In a survey of 120 consumers conducted in a shopping mall, 80 consumers indicated that they buy Brand A of a certain product, 68 buy Brand B, and 42 buy both brands. How many consumers participating the survey buy:
a) At least one of these brands?
b) Exactly one of these brands?
For a):
Would this translate as n(A U B)
For b):
Would this translate as n(A U Bcomplement) and n(Acomplement U B)
For a , I know that it is 106.
n(A U B) = 80+68-42=106
But I am stuck on part b.
Would it be :
n(A U Bcomplement) = n(a) - n(A ∩ B)
and n (Acomplement U B) = n(b) - n(A ∩ B).
Or does DeMorgan's law apply to sets with complements?
Would it apply in the sense of n(AUBcomplement) = n(AcomplementUB)?
To find the number of consumers who buy at least one of the brands (a), you need to find the size of the union of the two sets (A and B), which represents the total number of consumers who buy either Brand A or Brand B or both.

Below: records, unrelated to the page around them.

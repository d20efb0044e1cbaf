//! Polls: the block that a module makes, and sends again.
ghost use Rattle.std.specs.Prelude.{◌≡◌, ℕ, List, ◌∷◌, Some, true, false};
ghost use Rattle.circular_buffer.specs.Buffer.{Buffer};
ghost use Rattle.fio_message.specs.declared.commands.Command.TheVariants.{Poll};
ghost use Rattle.fio_module.specs.Settings.{Settings};
ghost use Rattle.fio_module.specs.Life.{Life, Commanded};
ghost use Rattle.fio_module.specs.Blocks.{newest_poll};
ghost use Rattle.fio_module.specs.Blocks as blocks;
ghost use Rattle.fio_module.specs.State.{IsAfter, Obeys, sent_frame};

use super::ModuleState;
use crate::numbers::{is_new, is_out_of_sequence};
use crate::ring::EntryRing;
use fio_message::BlockStatus;

impl ModuleState {
    /// Returns the octets of the block that was sent last, at most 773, or none before the first.
    pub fn block(&self) -> &[u8]
        ensures { result.now ≡ (sent_frame self.now).items }
    {
        self.sent.as_slice()
    }

    /// Handles a poll for this number. The answer is then `block`.
    // Not inlined, since it has two callers: one for a poll alone, and one for any command.
    #[inline(never)]
    pub fn poll<R: EntryRing>(&mut self, ring: &mut R, number: u8)
        ensures obeyed { Obeys self.old (R.held ring.old) self.new (R.held ring.new)
            (Poll number) (Some (sent_frame self.new)) }
        ensures same_memory { R.memory ring.new ≡ R.memory ring.old }
    {
        if is_new(self.sent.number(), number) {
            self.send_new(ring, number);
        } else {
            self.send_again(number);
        }
    }

    fn send_new<R: EntryRing>(&mut self, ring: &mut R, number: u8)
        ensures carried { (settings : Settings) (life : Life)
            → IsAfter settings self.old (R.held ring.old) life
            → blocks.is_new (newest_poll life) number ≡ true
            → IsAfter settings self.new (R.held ring.new)
            (Commanded (Poll number) ∷ life) }
        ensures same_memory { R.memory ring.new ≡ R.memory ring.old }
    {
        let out_of_sequence = is_out_of_sequence(self.sent.number(), number);
        let per_block = usize::from(self.per_block);
        let more = ring.len() > per_block;
        let lost = self.pushed_out != 0;
        let status = BlockStatus::new(more, lost, false, out_of_sequence);
        let (first, second) = ring.parts();
        let stamp = self.counter.now();
        self.sent
            .write(number, first, second, self.per_block, status, stamp);
        ring.remove_front(per_block);
        self.pushed_out = 0;
    }

    fn send_again(&mut self, number: u8)
        ensures { (settings : Settings) (ring : Buffer (List ℕ)) (life : Life)
            → IsAfter settings self.old ring life
            → blocks.is_new (newest_poll life) number ≡ false
            → IsAfter settings self.new ring (Commanded (Poll number) ∷ life) }
    {
        self.sent.mark_again();
    }
}
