/// A range that is not in memory.
pub(crate) fn lost_value(alloc: Global, lost: Lost) -> Result<Value, AllocError>
    ensures { IfOk result (λ value. view value ≡ lost_tree lost) }
{
    let (addr, len) = (lost.addr, lost.len);
    let address = address_text(alloc, addr)?;
    json!(in alloc; {
        "address": address.as_str(),
        "kind": "unreadable",
        "length": len
    })
}

/// An end at an address.
pub(crate) fn end_at(alloc: Global, kind: &str, address: u64) -> Result<Value, AllocError>
    ensures { IfOk result (λ value. view value ≡ end_at kind.now address) }
{
    let address = address_text(alloc, address)?;
    json!(in alloc; {
        "address": address.as_str(),
        "kind": kind
    })
}

/// How a chain breaks off, or null where it is whole.
pub(crate) fn end_value(alloc: Global, end: LinkEnd) -> Result<Value, AllocError>
    ensures { IfOk result (λ value. view value ≡ end_tree end) }
{
    match end {
        LinkEnd::Null => Ok(Value::Null),
        LinkEnd::Unreadable(lost) => lost_value(alloc, lost),
        LinkEnd::Cycle { addr } => end_at(alloc, "cycle", addr),
        LinkEnd::Cut { addr } => end_at(alloc, "cut", addr),
    }
}

/// The name of a class that is known.
fn own_class_value(alloc: Global, class: &ClassName) -> Result<Value, AllocError>
    ensures { IfOk result (λ value. view value ≡ own_class_tree class.now) }
{
    let mut text = String::new(alloc);
    push_known_class(alloc, &mut text, class)?;
    Ok(Value::String(text))
}

/// The name of a class.
pub(crate) fn class_value(alloc: Global, class: &Option<ClassName>) -> Result<Value, AllocError>
    ensures { IfOk result (λ value. view value ≡ class_tree class.now) }
{
    let mut text = String::new(alloc);
    push_named(alloc, &mut text, class)?;
    Ok(Value::String(text))
}

// ---- values

/// A value as code has it.
pub(crate) fn repr_value(alloc: Global, value: &Option<Field>) -> Result<Value, AllocError>
    ensures { IfOk result (λ own. view own ≡ repr_tree value.now) }
{
    let mut text = String::new(alloc);
    push_repr(alloc, &mut text, true, value)?;
    Ok(Value::String(text))
}

/// A value as it is printed.
fn str_value(alloc: Global, value: &Option<Field>) -> Result<Value, AllocError>
    ensures { IfOk result (λ own. view own ≡ str_tree value.now) }
{
    let mut text = String::new(alloc);
    push_str_of(alloc, &mut text, true, value)?;
    Ok(Value::String(text))
}

/// Values as code has them.
fn reprs_value(alloc: Global, values: &[Option<Field>]) -> Result<Value, AllocError>
    ensures { IfOk result (λ own. view own ≡ reprs_tree values.now) }
{
    let mut own = Vec::new(alloc);
    for value in values {
        own.push(repr_value(alloc, value)?)?;
    }
    Ok(Value::Array(own))
}

/// Values as they are printed.
fn strs_value(alloc: Global, values: &[Option<Field>]) -> Result<Value, AllocError>
    ensures { IfOk result (λ own. view own ≡ strs_tree values.now) }
{
    let mut own = Vec::new(alloc);
    for value in values {
        own.push(str_value(alloc, value)?)?;
    }
    Ok(Value::Array(own))
}

/// A list, and how many more there are.
fn listed_value(alloc: Global, left_out: u64, values: Value) -> Result<Value, AllocError>
    ensures { IfOk result (λ own. view own ≡ listed_tree left_out (view values)) }
{
    json!(in alloc; {
        "left_out": left_out,
        "values": values
    })
}

/// Values as code has them, and how many more there are.
fn all_reprs_value(alloc: Global, values: &Values) -> Result<Value, AllocError>
    ensures { IfOk result (λ own. view own ≡ all_reprs_tree values.now) }
{
    let own = reprs_value(alloc, &values.values)?;
    listed_value(alloc, values.left_out, own)
}

/// The arguments, or null where they can't be read.
fn arguments_value(alloc: Global, arguments: &Option<Values>) -> Result<Value, AllocError>
    ensures { IfOk result (λ own. view own ≡ arguments_tree arguments.now) }
{
    match arguments {
        Some(values) => all_reprs_value(alloc, values),
        None => Ok(Value::Null),
    }
}

/// Values as they are printed, and how many more there are.
fn all_strs_value(alloc: Global, values: &Values) -> Result<Value, AllocError>
    ensures { IfOk result (λ own. view own ≡ all_strs_tree values.now) }
{
    let own = strs_value(alloc, &values.values)?;
    listed_value(alloc, values.left_out, own)
}

/// No values.
fn no_values(alloc: Global) -> Result<Value, AllocError>
    ensures { IfOk result (λ own. view own ≡ no_values_tree) }
{
    listed_value(alloc, 0, Value::Array(Vec::new(alloc)))
}

/// The notes, or null where they can't be read.
fn notes_value(alloc: Global, notes: &Notes) -> Result<Value, AllocError>
    ensures { IfOk result (λ own. view own ≡ notes_tree notes.now) }
{
    match notes {
        Notes::Without => no_values(alloc),
        Notes::Listed(values) => all_strs_value(alloc, values),
        Notes::Unreadable => Ok(Value::Null),
    }
}

/// What an exception says, where that is told exactly; else null.
fn message_value(alloc: Global, said: &Said, members: &Members) -> Result<Value, AllocError>
    ensures { IfOk result (λ own. view own ≡ message_tree said.now (members_of members.now)) }
{
    if knows(said, members) {
        let mut text = String::new(alloc);
        push_message(alloc, &mut text, true, said, members)?;
        return Ok(Value::String(text));
    }
    Ok(Value::Null)
}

To find the number of consumers who buy exactly one of the brands (b), you need to find the size of the union of two disjoint sets: (A - B) and (B - A). In other words, you need to determine the number of consumers who buy Brand A but not Brand B, and the number of consumers who buy Brand B but not Brand A, and then add them together.
Given the information you provided:
- The number of consumers who buy Brand A (n(A)) = 80
- The number of consumers who buy Brand B (n(B)) = 68
- The number of consumers who buy both brands (n(A ∩ B)) = 42
To find the number of consumers who buy at least one of these brands (a), you can use the formula:
n(A ∪ B) = n(A) + n(B) - n(A ∩ B)
Substituting the values:
n(A ∪ B) = 80 + 68 - 42 = 106
So, a total of 106 consumers participating in the survey buy at least one of these brands.
To find the number of consumers who buy exactly one of these brands (b), you can use the formula:
n((A - B) ∪ (B - A))
Substituting the values:
n((A - B) ∪ (B - A)) = (80 - 42) + (68 - 42) = 38 + 26 = 64
So, a total of 64 consumers participating in the survey buy exactly one of these brands.